» Material provided
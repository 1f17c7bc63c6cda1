// What is written to a connection.
ghost use Rattle.std.specs.Prelude.{◌≡◌, true};
ghost use Rattle.std.specs.Io.{WritesAtMost};
ghost use Rattle.std.specs.Io.KnownBytes.{Keeps, WriteAppends};

use std::io::{Result, Write};
use std::net::SocketAddrV4;

/// The end of a connection that is written to. It may show what was written; a stream of std, which
/// is read and written by one owner, can't.
pub trait RequestOutlet<S> {
    ghost use Rattle.std.specs.Prelude.{ℕ, List, Option};

    // What was written, where that is shown.
    ghost contents: { Self → Option (List ℕ) };

    // The text of the address at which its connection was made.
    ghost dialed: { Self → List ℕ };

    /// One write.
    fn send(&mut self, stream: &mut S, buf: &[u8]) -> Result<usize>
        ensures bound { WritesAtMost result buf.now }
        ensures bytes { WriteAppends (contents self.old) (contents self.new) result buf.now };

    /// One flush.
    fn flush(&mut self, stream: &mut S) -> Result<()>
        ensures bytes { Keeps (contents self.old) (contents self.new) };
}

/// The end of a socket. It shows nothing but the address at which it was dialed. Only a
/// [`Dialer`](crate::Dialer) makes one, and nobody can copy it.
#[derive(Drop)]
pub struct OpaqueEnd {
    pub(crate) address: SocketAddrV4,
}

impl OpaqueEnd {
    // Whether its connection was dialed at this address.
    pub(crate) fn is_at(&self, address: SocketAddrV4) -> bool
        ensures { result ≡ true → self.now.address ≡ address }
    {
        self.address == address
    }
}

impl<S: Write> RequestOutlet<S> for OpaqueEnd {
    ghost use Rattle.std.specs.Prelude.{None};
    ghost use Rattle.tcp_backend.specs.Kept.{dialed_at};

    ghost contents = { λ _. None };

    ghost dialed = { dialed_at };

    fn send(&mut self, stream: &mut S, buf: &[u8]) -> Result<usize> {
        stream.write(buf)
    }

    fn flush(&mut self, stream: &mut S) -> Result<()> {
        stream.flush()
    }
}
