// Where connections to a backend come from.
ghost use Rattle.std.specs.Prelude.{◌≡◌, false, true, IfOk, IfSome};
ghost use Rattle.counted_io.specs.Count.{raised};
ghost use Rattle.std.specs.Net.Text.{socket_v4_text};
ghost use Rattle.tcp_backend.specs.Connecting.{address_of, dialed_of, has_pool};
ghost use Rattle.tcp_backend.specs.Kept.{dialed_at};

use crate::ends::{OpaqueEnd, RequestOutlet};
use crate::pool::{ConnectionPool, ReadyConnection};
use crate::watch::{BackendWatch, ConnectionEvent};
use clocks::Clock;
use std::alloc::Global;
use std::io::{Read, Result};
use std::net::{Net, OpenStream, SocketAddr, SocketAddrV4, TcpStream};
use std::os::fd::AsRawFd;
use std::sync::{Arc, Wait};
use std::time::Duration;
use timed_io::{ask_after, end_untaken};

/// For how long a backend may take nothing of its request, in milliseconds, before the system ends
/// the connection.
const UNTAKEN_MS: u64 = 5_000;

/// A connection for one request, where it is written to, and whether it was kept behind another
/// request.
#[derive(Drop)]
pub struct Connected<S, E> {
    pub(crate) stream: S,
    pub(crate) end: E,
    pub(crate) is_reused: bool,
}

/// What has connections to one address, new ones and those that were put back, and counts how often
/// it was asked for one. A backend has no other way to one.
pub trait Connector {
    /// A connection, which is closed where its value ends. It is written to by its end alone.
    type Stream: Read + OpenStream + AsRawFd + Drop;

    /// Where it is written to. Each comes back, since nobody else can drop it.
    type End: RequestOutlet<Self::Stream>;

    ghost use Rattle.std.specs.Prelude.{ℕ, Bool, List, Option};
    ghost use Rattle.tcp_backend.specs.Ends.{Gathers, IsFresh, end_kept};

    // How often it was asked to connect.
    ghost connects: { Self → ℕ };

    // The text of the address that it connects to.
    ghost reaches: { Self → List ℕ };

    // Whether connections are kept behind their requests.
    ghost keeps: { Self → Bool };

    // All bytes that were written to the ends which came back, where they are shown.
    ghost written: { Self → Option (List ℕ) };

    /// A connection for one request: one that was put back here and waits in silence, or else a new
    /// one; or why none can be had within this time.
    fn connect<C: Clock, W: BackendWatch>(
        &mut self,
        clock: &C,
        watch: &W,
        most: Duration,
    ) -> Result<Connected<Self::Stream, Self::End>>
        ensures connects { connects self.new ≡ raised (connects self.old) }
        ensures reaches { reaches self.new ≡ reaches self.old }
        ensures keeps { keeps self.new ≡ keeps self.old }
        ensures dialed { IfOk result (λ made. Self.End.dialed made.end ≡ reaches self.old) }
        ensures fresh { IfOk result (λ made. keeps self.old ≡ false → made.is_reused ≡ false) }
        ensures unwritten { IfOk result (λ made.
            IsFresh (written self.old) (Self.End.contents made.end)) }
        ensures written { written self.new ≡ written self.old };

    /// Whether connections are kept behind their requests, which then don't say that these end.
    fn keeps(&self) -> bool
        ensures { result ≡ keeps self.now };

    /// Takes a connection back that may carry another request.
    fn keep<C: Clock, W: BackendWatch>(
        &mut self,
        clock: &C,
        watch: &W,
        connection: ReadyConnection<Self::Stream, Self::End>,
    )
        ensures connects { connects self.new ≡ connects self.old }
        ensures reaches { reaches self.new ≡ reaches self.old }
        ensures keeps { keeps self.new ≡ keeps self.old }
        ensures written { Gathers (written self.old)
            (Self.End.contents (end_kept connection)) (written self.new) };

    /// Takes the end of a connection back that carries no further request.
    fn release(&mut self, end: Self::End)
        ensures connects { connects self.new ≡ connects self.old }
        ensures reaches { reaches self.new ≡ reaches self.old }
        ensures keeps { keeps self.new ≡ keeps self.old }
        ensures written { Gathers (written self.old) (Self.End.contents end) (written self.new) };

    /// The address that it connects to.
    fn address(&self) -> SocketAddrV4
        ensures { socket_v4_text result ≡ reaches self.now };

    /// How often it was asked to connect; the count stays at `u64::MAX`.
    fn connects(&self) -> u64
        ensures { result ≡ connects self.now };
}

/// Connections over TCP to one address: each is made for one request, or kept in a pool behind it.
#[derive(Drop)]
pub struct Dialer<R, S> {
    rt: R,
    address: SocketAddrV4,
    connects: u64,
    pool: Option<Arc<ConnectionPool<S>, Global>>,
}

impl<R: Net, S> Dialer<R, S> {
    /// Nothing is connected yet. Without a pool no connection is kept.
    pub fn new(
        rt: R,
        address: SocketAddrV4,
        pool: Option<Arc<ConnectionPool<S>, Global>>,
    ) -> Dialer<R, S>
        ensures unused { dialed_of result ≡ 0 }
        ensures address { address_of result ≡ socket_v4_text address }
    {
        Dialer {
            rt,
            address,
            connects: 0,
            pool,
        }
    }
}

impl<R: Net + Wait> Dialer<R, R::Stream> {
    // A connection that was kept, where one still waits in silence.
    fn take_kept<C: Clock, W: BackendWatch>(
        &self,
        clock: &C,
        watch: &W,
    ) -> Option<ReadyConnection<R::Stream, OpaqueEnd>>
        ensures at { IfSome result (λ taken. dialed_at taken.end ≡ address_of self.now) }
        ensures kept { IfSome result (λ _. has_pool self.now ≡ true) }
    {
        match &self.pool {
            Some(pool) => pool.take(&self.rt, watch, self.address, clock.now()),
            None => None,
        }
    }

    // A new connection. The system asks after a backend that is silent, and ends a connection whose
    // backend is gone, or takes nothing of its request; and what is written goes out at once.
    fn dial(&self, most: Duration) -> Result<R::Stream> {
        let stream = TcpStream::connect_timeout(&self.rt, &SocketAddr::V4(self.address), most)?;
        ask_after(&stream);
        end_untaken(&stream, Duration::from_millis(UNTAKEN_MS));
        let _ = stream.set_nodelay(true);
        Ok(stream)
    }
}

impl<R: Net + Wait> Connector for Dialer<R, R::Stream> {
    type Stream = R::Stream;

    type End = OpaqueEnd;

    ghost use Rattle.std.specs.Prelude.{None};
    ghost use Rattle.tcp_backend.specs.Connecting.{address_of, dialed_of, has_pool};

    ghost connects = { dialed_of };

    ghost reaches = { address_of };

    ghost keeps = { has_pool };

    ghost written = { λ _. None };

    fn connect<C: Clock, W: BackendWatch>(
        &mut self,
        clock: &C,
        watch: &W,
        most: Duration,
    ) -> Result<Connected<R::Stream, OpaqueEnd>> {
        self.connects = self.connects.saturating_add(1);
        if let Some(kept) = self.take_kept(clock, watch) {
            return Ok(Connected {
                stream: kept.stream,
                end: kept.end,
                is_reused: true,
            });
        }
        watch.connection(ConnectionEvent::Dialing);
        let dialed = self.dial(most);
        watch.connection(match &dialed {
            Ok(_) => ConnectionEvent::Opened,
            Err(_) => ConnectionEvent::Unreached,
        });
        let stream = dialed?;
        let end = OpaqueEnd {
            address: self.address,
        };
        Ok(Connected {
            stream,
            end,
            is_reused: false,
        })
    }

    fn keeps(&self) -> bool {
        self.pool.is_some()
    }

    fn keep<C: Clock, W: BackendWatch>(
        &mut self,
        clock: &C,
        watch: &W,
        connection: ReadyConnection<R::Stream, OpaqueEnd>,
    )
        ensures connects { dialed_of self.new ≡ dialed_of self.old }
        ensures reaches { address_of self.new ≡ address_of self.old }
        ensures keeps { has_pool self.new ≡ has_pool self.old }
    {
        match &self.pool {
            Some(pool) => pool.put_back(&self.rt, watch, connection, clock.now()),
            None => watch.connection(ConnectionEvent::Closed),
        }
    }

    fn release(&mut self, _end: OpaqueEnd) {}

    fn address(&self) -> SocketAddrV4 {
        self.address
    }

    fn connects(&self) -> u64 {
        self.connects
    }
}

» What to work on
Copy every line of the material above in which the word "asked" appears.

» Response area
/// it was asked for one. A backend has no other way to one.
    // How often it was asked to connect.
    /// How often it was asked to connect; the count stays at `u64::MAX`.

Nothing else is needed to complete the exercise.